Imitation Learning via Focused Satisficing
Rushit N. Shah, Nikolaos Agadakos, Synthia Sasulski, Ali Farajzadeh, Sanjiban Choudhury, Brian Ziebart
TL;DR
The paper reframes imitation learning through satisficing theory, arguing that demonstrators often prioritize acceptable rather than optimal behavior and introduces Minimally Subdominant Focused Imitation (MinSubFI) that minimizes subdominance to surpass aspirational levels on unseen demonstrations. It develops a margin-based, snippet- and stochastic-policy-enabled objective, derives policy-gradient updates, and provides online/offline learning variants plus a learned-cost-feature representation from pairwise preferences. The approach yields higher demonstrator acceptability and competitive true returns across CartPole, LunarLander, Hopper, HalfCheetah, and Walker, including robustness to suboptimal and human demonstrations.
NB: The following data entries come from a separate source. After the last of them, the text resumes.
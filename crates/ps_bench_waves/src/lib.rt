//! What is seen of the scans of a run, by name: as lines in a text, CSV or JSON, as changes, and as waveforms, which
//! are a value change dump (VCD) after IEEE 1364, with string variables, which are an extension of GTKWave.
//!
//! Lines by name:
//!
//! - `format`: the formats. `telling`, `rows`: their lines.
//! - `shown`: what stands for a name, and how its value is shown. `key`: what stands for it in a line of a format.
//! - `names`: what is watched if no names are given. `head`: what stands before the first scan.
//! - `field`: a value that is watched, with the one after the scan before. `column`: a name that is watched, with its
//!   values. `line`: a line in room that was taken before.
//! - `marks`: what marks the next scan of a run. `count`: the number of a scan.
//! - `watcher`: who watches the scans and writes their lines, a taker of ps_runs.
//! - `watching`: the loop over the scans of a trace with who watches them.
//!
//! Waveforms:
//!
//! - `wire`: what a wire is called, and what it has. `value`: what it has in a scan, and whether that is written.
//!   `identifier`: what it is called in a dump.
//! - `parts`: what the wires of a run are about. `reads`: how their values are come by.
//! - `header`: the declarations of a list of wires.
//! - `dump`: the writer of the value changes, a scan after the other; `room` and `change` are its parts.
//! - `dumper`: who writes what the wires have in each scan, a taker of ps_runs.
//! - `laws`: a reader gives back what was written.
#![tactic(auto)]

mod change;
mod column;
mod count;
mod dump;
mod dumper;
mod field;
mod format;
mod head;
mod header;
mod identifier;
mod key;
mod laws;
mod line;
mod marks;
mod names;
mod parts;
mod reads;
mod room;
mod rows;
mod shown;
mod telling;
mod value;
mod watcher;
mod watching;
mod wire;

pub use count::Count;
pub use dump::Dump;
pub use dumper::Dumper;
pub use field::Field;
pub use format::Format;
pub use head::head_of;
pub use header::header_of;
pub use identifier::{Identifier, MOST_WIRES};
pub use key::key_of;
pub use laws::{identifiers_are_unique, read_back, wires_are_declared};
pub use line::Line;
pub use marks::Marks;
pub use names::{all_names, default_names, main_names};
pub use parts::{Part, parts_of};
pub use shown::{label_of, put_digit, put_field, put_json_value, put_truth, put_value};
pub use value::{LONGEST_WORDS, Value, shortened, written};
pub use watcher::Watcher;
pub use watching::watch_items;
pub use wire::{Shape, Wire};
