/// Copies bytes in page by page, all of them, or returns the fault of the first that fails.
#[cold]
#[inline(never)]
fn write_across_pages<S: PageStore>(
    store: &mut S,
    addr: u64,
    bytes: &[u8],
    checked: bool,
) -> Result<(), MemFault>
    ensures written { IsWritten (S.memory store.old) (S.memory store.new)
        (write_access addr checked) (plain addr) bytes.now result }
    ensures kept { S.kept store.old store.new }
{
    let at = plain(addr);
    check_in_mode(store, at, bytes.len(), &Access::writing(addr, checked))?;
    replace_bytes(store, at, bytes);
    Ok(())
}

/// Copies bytes into pages that are found first, or returns the fault of the first that fails.
#[cold]
#[inline(never)]
fn write_found<S: PageStore>(
    store: &mut S,
    addr: u64,
    bytes: &[u8],
    checked: bool,
) -> Result<(), MemFault>
    ensures written { IsWritten (S.memory store.old) (S.memory store.new)
        (write_access addr checked) (plain addr) bytes.now result }
    ensures kept { S.kept store.old store.new }
{
    if try_write_in_page(store, addr, bytes, checked) {
        return Ok(());
    }
    write_across_pages(store, addr, bytes, checked)
}

/// Writes where that was not quick. The result comes back field by field, so that quick accesses
/// hold it in registers.
#[inline(always)]
fn write_slowly<S: PageStore>(
    store: &mut S,
    addr: u64,
    bytes: &[u8],
    checked: bool,
) -> Result<(), MemFault>
    ensures written { IsWritten (S.memory store.old) (S.memory store.new)
        (write_access addr checked) (plain addr) bytes.now result }
    ensures kept { S.kept store.old store.new }
{
    if try_write_unaligned(store, addr, bytes, checked) {
        return Ok(());
    }
    by_fields(write_found(store, addr, bytes, checked))
}

/// Copies bytes in, or returns the fault of the first that fails.
#[rattlefmt::skip]
#[tactic(auto, unfolding(
    crate::specs::Accesses::write_fault,
    crate::specs::Accesses::with_bytes_at,
    crate::specs::Accesses::after_write
))]
#[inline(always)]
fn write_at<S: PageStore>(
    store: &mut S,
    addr: u64,
    bytes: &[u8],
    checked: bool,
) -> Result<(), MemFault>
    ensures answer { result
        ≡ result_of (write_fault (S.memory store.old) addr (length bytes.now) checked) }
    ensures memory { S.memory store.new
        ≡ (if is_ok result
        then after_write (S.memory store.old) addr bytes.now checked
        else S.memory store.old) }
    ensures kept { S.kept store.old store.new }
{
    if try_write(store, addr, bytes, checked) {
        return Ok(());
    }
    write_slowly(store, addr, bytes, checked)
}

/// The instruction word at an address; one page holds an aligned word.
#[inline(always)]
fn fetch_word<S: PageStore>(store: &mut S, pc: u64) -> Result<u32, MemFault>
    ensures answer { result ≡ fetch_result (S.memory store.old) pc }
    ensures memory { S.memory store.new ≡ S.memory store.old }
    ensures kept { S.kept store.old store.new }
{
    if pc % 4 != 0 {
        return Err(unaligned_fetch(pc));
    }
    fetch_aligned(store, pc)
}

/// The fault of a fetch at an address that is not a multiple of 4.
#[cold]
#[inline(never)]
fn unaligned_fetch(pc: u64) -> MemFault
    ensures { result ≡ fault FaultKind.PcAlignment (fetch_access pc) (plain pc) 0 }
{
    Access::fetching(pc).fault(FaultKind::PcAlignment, plain(pc), 0)
}

/// The tag of the granule that holds an address.
#[inline(always)]
fn load_granule_tag<S: PageStore>(store: &mut S, addr: u64) -> Result<u8, MemFault>
    ensures small { IfOk result (λ t. t < 16) }
    ensures answer { result
        ≡ tag_result (tag_load_fault (S.memory store.old) addr)
        (tag_at (S.memory store.old) (plain addr)) }
    ensures memory { S.memory store.new ≡ S.memory store.old }
    ensures kept { S.kept store.old store.new }
{
    let access = Access::reading(addr, false);
    granule_tag_at(store, plain(addr) / 16 * 16, &access)
}

/// Whether the page of an address is mapped and has these attributes.
fn page_has_attrs<S: PageStore>(store: &mut S, addr: u64, attrs: Attrs) -> bool
    ensures answer { result ≡ page_has (S.memory store.old) (plain addr / 4096) attrs.0 }
    ensures memory { S.memory store.new ≡ S.memory store.old }
    ensures kept { S.kept store.old store.new }
{
    let at = plain(addr);
    if attrs.contains(Attrs::EXEC) {
        return code_has_attrs(store, at, attrs);
    }
    let access = Access::needing(attrs);
    fault_of_run(store, at, 1, &access).is_none()
}

/// The fault of the first granule that fails of an access without a tag check, if any.
#[cold]
#[inline(never)]
fn check_granules<S: PageStore>(
    store: &mut S,
    at: u64,
    count: u64,
    access: &Access,
) -> Result<(), MemFault>
    requires plain { at < 2 ^ 56 }
    requires aligned { at % 16 ≡ 0 }
    requires unchecked { access.now.checked ≡ false }
    ensures answer { result
        ≡ result_of (first_fault (S.memory store.old) access.now (granules at count)) }
    ensures memory { S.memory store.new ≡ S.memory store.old }
    ensures kept { S.kept store.old store.new }
{
    let mut place = at;
    let mut left = count;
    while left > 0 {
        let run = left.min((4096 - place % 4096) / 16);
        if let Some(fault) = fault_of_run(store, place, 1, access) {
            return Err(fault);
        }
        place = (place + 16 * run) % ADDRESSES;
        left -= run;
    }
    Ok(())
}

/// Replaces the tags of granules of mapped pages.
#[cold]
#[inline(never)]
fn tag_granules<S: PageStore>(store: &mut S, at: u64, count: u64, tag: u8, zero: bool)
    requires plain { at < 2 ^ 56 }
    requires aligned { at % 16 ≡ 0 }
    requires tag { tag < 16 }
    requires mapped { AreMapped (S.memory store.old) (granules at count) }
    ensures memory { S.memory store.new ≡ with_granules (S.memory store.old) at count tag zero }
    ensures kept { S.kept store.old store.new }
{
    let access = Access::mapped();
    let mut place = at;
    let mut left = count;
    while left > 0 {
        let run = left.min((4096 - place % 4096) / 16);
        // A mapped page lacks nothing that this access requires.
        let _ = store_tags_in_page(store, place, run as usize, tag, zero, &access);
        place = (place + 16 * run) % ADDRESSES;
        left -= run;
    }
}

/// Replaces the tags of granules, or returns the fault of the first that fails.
#[tactic(auto, unfolding(crate::specs::Accesses::tags_fault))]
#[inline(always)]
fn store_granule_tags<S: PageStore>(
    store: &mut S,
    addr: u64,
    count: u64,
    tag: u8,
    zero: bool,
) -> Result<(), MemFault>
    requires { tag < 16 }
    ensures answer { result ≡ result_of (tags_fault (S.memory store.old) addr count) }
    ensures memory { S.memory store.new
        ≡ (if is_ok result
        then with_granules (S.memory store.old) (plain addr) count tag zero
        else S.memory store.old) }
    ensures kept { S.kept store.old store.new }
{
    let access = Access::writing(addr, false);
    let at = plain(addr);
    if addr % 16 != 0 {
        return Err(access.fault(FaultKind::Alignment, at, 0));
    }
    if count > 0 && count <= (4096 - at % 4096) / 16 {
        return store_tags_in_page(store, at, count as usize, tag, zero, &access);
    }
    check_granules(store, at, count, &access)?;
    tag_granules(store, at, count, tag, zero);
    Ok(())
}

impl<S: PageStore> Tagged for S {
    ghost memory = { λ s. S.memory s };

    ghost kept = { λ a b. S.kept a b };

    #[inline(always)]
    fn fetch(&mut self, pc: u64) -> Result<u32, MemFault> {
        fetch_word(self, pc)
    }

    #[inline(always)]
    fn fetch_words(&mut self, pc: u64, words: &mut [u32; 16]) -> bool {
        fetch_words_in_page(self, pc, words)
    }

    #[inline(always)]
    fn read(&mut self, addr: u64, buffer: &mut [u8], check: bool) -> Result<(), MemFault> {
        read_at(self, addr, buffer, check)
    }

    #[inline(always)]
    fn write(&mut self, addr: u64, bytes: &[u8], check: bool) -> Result<(), MemFault> {
        write_at(self, addr, bytes, check)
    }

    #[inline]
    fn has_attrs(&mut self, addr: u64, attrs: Attrs) -> bool {
        page_has_attrs(self, addr, attrs)
    }

    #[inline]
    fn pending(&mut self) -> bool {
        self.tag_state().pending
    }

    #[inline(always)]
    fn load_tag(&mut self, addr: u64) -> Result<u8, MemFault> {
        load_granule_tag(self, addr)
    }

    #[inline(always)]
    fn store_tags(
        &mut self,
        addr: u64,
        granules: u64,
        tag: u8,
        zero: bool,
    ) -> Result<(), MemFault> {
        store_granule_tags(self, addr, granules, tag, zero)
    }

    ghost kept_same = { λ a. S.kept_same a };

    ghost kept_on = { λ a b c p q. S.kept_on a b c p q };
}

impl<S: PageStore> ChunkAccess for S {
    #[inline(always)]
    fn read_chunk(&mut self, user: u64) -> Option<(u64, u8)> {
        read_chunk_in_page(self, user)
    }

    #[inline(always)]
    fn write_chunk(
        &mut self,
        user: u64,
        around: u64,
        count: u64,
        tag: u8,
        bytes: &[u8; 8],
    ) -> bool {
        write_chunk_in_page(self, user, around, count, tag, bytes)
    }
}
This work offers a practical imitation-learning paradigm with explicit acceptability guarantees that can adapt to dynamic aspirational criteria without requiring explicit reward reconstruction. The framework’s generalization bounds and snippet-focused mechanisms further enhance reliability in real-world, varying-aspiration settings.
Abstract
Imitation learning often assumes that demonstrations are close to optimal according to some fixed, but unknown, cost function. However, according to satisficing theory, humans often choose acceptable behavior based on their personal (and potentially dynamic) levels of aspiration, rather than achieving (near-) optimality. For example, a lunar lander demonstration that successfully lands without crashing might be acceptable to a novice despite being slow or jerky. Using a margin-based objective to guide deep reinforcement learning, our focused satisficing approach to imitation learning seeks a policy that surpasses the demonstrator's aspiration levels -- defined over trajectories or portions of trajectories -- on unseen demonstrations without explicitly learning those aspirations. We show experimentally that this focuses the policy to imitate the highest quality (portions of) demonstrations better than existing imitation learning methods, providing much higher rates of guaranteed acceptability to the demonstrator, and competitive true returns on a range of environments.